Mini Review
L-Ornithine L-Aspartate for the Treatment of Hepatic Encephalopathy in Cirrhosis: Evidence for Novel Hepatoprotective Mechanisms
Roger F. Butterworth1* and Kurt Grüngreiff2
1Department of Medicine, University of Montreal, Canada
2Clinic of Gastroenterology, City Hospital Magdeburg, Germany
*Corresponding author: Roger F. Butterworth, Department of Medicine,
University of Montreal, 45143 Cabot Trail, Englishtown, Nova Scotia, B0C
1H0, CANADA, Tel: (1) 902 929 2470; Email:
rb@enceph.com
Submitted: 13 May 2019; Accepted: 28 May 2019; Published: 06 June 2019
Cite this article: Butterworth RF, Grüngreiff K (2019) L-Ornithine L-Aspartate for
the Treatment of Hepatic Encephalopathy in Cirrhosis: Evidence for Novel
Hepatoprotective Mechanisms. JSM Liver Clin Res 3: 5.

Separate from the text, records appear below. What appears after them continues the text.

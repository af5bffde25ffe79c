//! What operators do with their operands ([expr.unary.op], [expr.mul] to [expr.log.or], [expr.cond]).

ghost use Rattle.std.specs.Prelude.{◌≡◌};
ghost use Rattle.cx_exprs.specs.Operators.{arithmetic, between, comparison, is_built, logical, planned, planned_prefix, shift};

use crate::nodes::is_same_type;
use cx_base::IntType;
use cx_ints::{BinOp, UnOp, common, promote};
use cx_tree::{BinaryOp, PrefixOp};
use cx_typed::{ChainOp, StrictOp};

/// The types to which both operands are converted, that of the result, and the operation.
#[derive(Clone, Copy)]
pub struct Plan {
    pub left: IntType,
    pub right: IntType,
    pub result: IntType,
    pub op: ChainOp,
}

/// The type to which the operand is converted, which is that of the result, and the operation.
#[derive(Clone, Copy)]
pub struct UnaryPlan {
    pub operand: IntType,
    pub op: StrictOp,
}

fn arithmetic(op: BinOp, left: IntType, right: IntType) -> Plan
    ensures { result ≡ arithmetic op left right }
{
    let ty = common(left, right);
    Plan {
        left: ty,
        right: ty,
        result: ty,
        op: ChainOp::Strict(StrictOp::Binary(op)),
    }
}

fn comparison(op: BinOp, left: IntType, right: IntType) -> Plan
    ensures { result ≡ comparison op left right }
{
    let ty = common(left, right);
    Plan {
        left: ty,
        right: ty,
        result: IntType::Bool,
        op: ChainOp::Strict(StrictOp::Binary(op)),
    }
}

fn shift(op: BinOp, left: IntType, right: IntType) -> Plan
    ensures { result ≡ shift op left right }
{
    let ty = promote(left);
    Plan {
        left: ty,
        right: promote(right),
        result: ty,
        op: ChainOp::Strict(StrictOp::Binary(op)),
    }
}

fn logical(op: ChainOp) -> Plan
    ensures { result ≡ logical op }
{
    Plan {
        left: IntType::Bool,
        right: IntType::Bool,
        result: IntType::Bool,
        op,
    }
}

/// What an operator does with operands of these types.
pub fn planned(operator: BinaryOp, left: IntType, right: IntType) -> Plan
    ensures { result ≡ planned operator left right }
{
    match operator {
        BinaryOp::LogicalOr => logical(ChainOp::Or),
        BinaryOp::LogicalAnd => logical(ChainOp::And),
        BinaryOp::BitOr => arithmetic(BinOp::Or, left, right),
        BinaryOp::BitXor => arithmetic(BinOp::Xor, left, right),
        BinaryOp::BitAnd => arithmetic(BinOp::And, left, right),
        BinaryOp::Equal => comparison(BinOp::Eq, left, right),
        BinaryOp::NotEqual => comparison(BinOp::Ne, left, right),
        BinaryOp::Less => comparison(BinOp::Lt, left, right),
        BinaryOp::Greater => comparison(BinOp::Gt, left, right),
        BinaryOp::LessEqual => comparison(BinOp::Le, left, right),
        BinaryOp::GreaterEqual => comparison(BinOp::Ge, left, right),
        BinaryOp::ShiftLeft => shift(BinOp::Shl, left, right),
        BinaryOp::ShiftRight => shift(BinOp::Shr, left, right),
        BinaryOp::Add => arithmetic(BinOp::Add, left, right),
        BinaryOp::Subtract => arithmetic(BinOp::Sub, left, right),
        BinaryOp::Multiply => arithmetic(BinOp::Mul, left, right),
        BinaryOp::Divide => arithmetic(BinOp::Div, left, right),
        BinaryOp::Remainder => arithmetic(BinOp::Rem, left, right),
    }
}

/// What an operator before its operand does with one of this type.
pub fn planned_prefix(operator: PrefixOp, operand: IntType) -> UnaryPlan
    ensures { result ≡ planned_prefix operator operand }
{
    let op = match operator {
        PrefixOp::Plus => UnOp::Plus,
        PrefixOp::Minus => UnOp::Minus,
        PrefixOp::Complement => UnOp::Complement,
        _ => {
            return UnaryPlan {
                operand: IntType::Bool,
                op: StrictOp::Not,
            };
        }
    };
    UnaryPlan {
        operand: promote(operand),
        op: StrictOp::Unary(op),
    }
}

/// Whether an operator before its operand is built.
pub fn is_built(operator: PrefixOp) -> bool
    ensures { result ≡ is_built operator }
{
    match operator {
        PrefixOp::Plus | PrefixOp::Minus | PrefixOp::Complement | PrefixOp::Not => true,
        _ => false,
    }
}

/// The type of a conditional expression that is a value ([expr.cond]).
pub fn between(left: IntType, right: IntType) -> IntType
    ensures { result ≡ between left right }
{
    if is_same_type(left, right) {
        left
    } else {
        common(left, right)
    }
}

ALAT: Alanine Transaminase; ASAT: Aspartate Aminotransferase;
GS: Glutamine Synthetase; GSH: Glutathione; yGT: gamma-glutamyl transpeptidase; HE: Hepatic
Encephalopathy; LOLA: L-ornithine L-aspartate; MELD: Model of
End-Stage Liver Disease; MHE: Minimal Hepatic Encephalopathy;
NADH: Nicotinacidamide-adenine-dinucleotide; NAFLD:
Non-Alcoholic Fatty Liver Disease; NCT: Number Connection
Test; OHE: Overt Hepatic Encephalopathy; PCA: Portacaval
Anastomosis; PT: Prothrombin Time; RCT: Randomised Clinical
Trial; TIPS: Transjugular Intrahepatic Portosystemic Shunt
HE in cirrhosis is a serious neuropsychiatric complication that
is characterized by alterations of personality, sleep disturbances,
motor coordination and cognitive function progressing from inability to compute simple tasks to stupor and coma. A substantial
body of evidence supports the notion that increases of circulating
ammonia resulting from the cirrhotic liver’s reduced capacity to
remove it in the form of urea and/or glutamine is the principal
cause of HE in cirrhosis.
LOLA is a mixture of endogenous amino acids with the
demonstrated capacity to increase ammonia removal by residual
hepatocytes and skeletal muscle of patients with cirrhosis
(Figure 1) as demonstrated in multiple randomized controlled
clinical trials [1-4], as well as in a systematic review and metaanalysis [5].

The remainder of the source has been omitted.